Nos
buts
Le but
de l’observation que nous, poignée d’individus, avons engagée
méthodiquement en janvier 2004 est de vérifier l’intensité des
actes négatifs dans le monde. Nous considérons que les actes
négatifs sont des moments historiques où s’ouvre la possibilité d’un
vaste débat dans lequel l’humanité se prendrait pour objet, même
si cette possibilité n’est que trop rarement saisie. L’émeute
telle qu’elle a été observée et définie par la Bibliothèque des
Emeutes est le type même d’événement singulier qui nous
intéresse : là où les frontières conscientes de l’individu
sont dépassées, là où s’exprime en pratique une critique de l’Etat,
des marchandises ou des professionnels de l’information. Les
émeutiers creusent dans le sol des pensées une profonde ligne de
démarcation entre les valets, ennemis du débat sur l’humanité, et
ses partisans, ennemis de ce monde. En cherchant à vérifier le
négatif dans le monde, nous cherchons donc à vérifier les
possibilités d’un débat.
Nous
soutenons la plupart des actes négatifs que nous observons, quoique
pas tous. Nous y trouvons le plus souvent une pratique et des prises
de position en accord avec nos intérêts, contre l’organisation de
ce monde. L’observation des événements négatifs est pour nous une
prise de partie subjective, l’entrée dans le débat. Notre
publicité des événements négatifs vise à intensifier le débat en
précisant les disputes, en généralisant les idées qui s’y
expriment séparément et en les critiquant si le besoin s’en fait
ressentir.
Notre
ambition est de montrer l’urgence de ce débat sur l’humanité, de
l’amplifier et d’en tracer les contours. Pour cela nous observons
la révolte dans le monde à travers le filtre des relevés de l’information
en renversant le point de vue conservateur des informateurs. C’est
en effet l’information dominante qui, malgré elle, fournit matière
à notre observation. Les événements repérés dans cette
information sont archivés dans des dossiers et des chronologies. Dans
ces documents, nous ne refaisons pas les révoltes, nous en mettons en
évidence les faits constitutifs. L’intensité, l’ardeur, l’impétuosité,
l’humour, la soudaineté, la radicalité de ces faits donnent la
mesure de la récupération pratiquée par les canaux d’information
dominants et mettent à nu l’ordre qu’ils soutiennent. Cependant,
l’inaccessibilité relative et l’éparpillement des faits dans l’information
et, dans une moindre mesure, la présentation discontinue des
événements par les informateurs empêchent toute compréhension.

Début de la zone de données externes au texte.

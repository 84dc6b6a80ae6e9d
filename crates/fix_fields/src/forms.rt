//! Numbers and amounts.
ghost use Rattle.std.specs.Prelude.{◌≡◌, ℕ, ◌+◌, ◌*◌, ◌^◌, ◌<◌, ◌≤◌, ◌==◌, length, Option, IfSome};
ghost use Rattle.std.specs.List.{before_first, after_first, position};
ghost use Rattle.fix_fields.specs.Forms.{is_point, numeral, number_of, unsigned_amount, amount_of};

/// The value of digits, or none where a byte is no digit. No digits are worth 0.
#[tactic(auto, unfolding(crate::specs::Forms::numeral), using(crate::proofs::Numerals::digit_room))]
pub(crate) fn numeral(bytes: &[u8]) -> Option<u64>
    requires { length bytes.now ≤ 18 }
    ensures value { result ≡ numeral bytes.now }
    ensures bound { IfSome result (λ value. value < 10 ^ length bytes.now) }
{
    let mut value: u64 = 0;
    for byte in bytes {
        if !byte.is_ascii_digit() {
            return None;
        }
        value = value * 10 + (*byte - b'0') as u64;
    }
    Some(value)
}

/// A number: 1 to 9 digits, of which the first may be 0 (FIX type int without a sign, NumInGroup and Length).
/// Other bytes give `None`.
#[tactic(auto, unfolding(crate::specs::Forms::number_of))]
pub fn number(bytes: &[u8]) -> Option<u32>
    ensures value { result ≡ number_of bytes.now }
    ensures small { IfSome result (λ number. number < 1000000000) }
{
    if bytes.is_empty() || bytes.len() > 9 {
        return None;
    }
    match numeral(bytes) {
        Some(value) => Some(value as u32),
        None => None,
    }
}

/// The first place of a byte.
pub(crate) fn place_of(byte: u8, bytes: &[u8]) -> Option<usize>
    ensures { result ≡ position (λ other. other == byte) bytes.now }
{
    bytes.iter().position(|other| *other == byte)
}

/// What stands before the first point and behind it.
fn split_at_point(bytes: &[u8]) -> (&[u8], &[u8])
    ensures whole { result.0.now ≡ before_first is_point bytes.now }
    ensures fraction { result.1.now ≡ after_first is_point bytes.now }
{
    match place_of(b'.', bytes) {
        Some(at) => (&bytes[..at], &bytes[at + 1..]),
        None => (bytes, &bytes[bytes.len()..]),
    }
}

/// So many of the units that have so many places more.
fn scaled(parts: u64, places: u32) -> u128
    requires { places ≤ 8 }
    ensures value { result ≡ parts * 10 ^ places }
    ensures bound { result < 2 ^ 96 }
{
    let parts = parts as u128;
    match places {
        0 => parts,
        1 => parts * 10,
        2 => parts * 100,
        3 => parts * 1_000,
        4 => parts * 10_000,
        5 => parts * 100_000,
        6 => parts * 1_000_000,
        7 => parts * 10_000_000,
        _ => parts * 100_000_000,
    }
}

/// An amount without its sign, in units of 10^-8.
#[tactic(auto, unfolding(crate::specs::Forms::unsigned_amount))]
fn unsigned_amount(bytes: &[u8]) -> Option<u128>
    ensures value { result ≡ unsigned_amount bytes.now }
    ensures bound { IfSome result (λ units. units < 2 ^ 98) }
{
    let (whole, fraction) = split_at_point(bytes);
    if whole.len() > 18 || fraction.len() > 8 || whole.len() + fraction.len() == 0 {
        return None;
    }
    let units = numeral(whole)?;
    let parts = numeral(fraction)?;
    Some(units as u128 * 100_000_000 + scaled(parts, 8 - fraction.len() as u32))
}

/// An amount in units of 10^-8: an optional `-`, then digits with an optional point among or around them, at least
/// one digit, at most 18 before the point and 8 behind it (FIX types Qty, Price, PriceOffset and float). Other bytes
/// give `None`.
#[tactic(auto, unfolding(crate::specs::Forms::amount_of))]
pub fn amount(bytes: &[u8]) -> Option<i128>
    ensures { result ≡ amount_of bytes.now }
{
    if !bytes.is_empty() && bytes[0] == b'-' {
        let units = unsigned_amount(&bytes[1..])?;
        return Some(-(units as i128));
    }
    let units = unsigned_amount(bytes)?;
    Some(units as i128)
}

Pour rétablir leur force critique, nous réunissons les faits en
donnant à voir la singularité de l’événement qu’ils composent.
Nous
nous adressons aux révoltés pour défaire l’isolement où ils sont
tenus, et dans la parole et dans l’espace, en montrant le mouvement
général dont ils font partie et ses perspectives. Nous nous
adressons à tous ceux qui, insatisfaits de l’effroyable pauvreté
de la vie, cherchent à mettre un terme à la misère quotidienne.
Mais
attention ! Par l’observation, en montrant tout à la fois l’ubiquité
et les différences qualitatives de la révolte dans le monde, se
crée une forme de connaissance, celle d’un contenu du monde issu de
la négativité. Non seulement cette pratique va directement à l’encontre
de la parole des informateurs, mais en allant activement chercher des
événements négatifs dans les tréfonds de l’information
dominante, l’observation rend visibles ces événements inconnus
dans leur ensemble pour la plupart d’entre nous.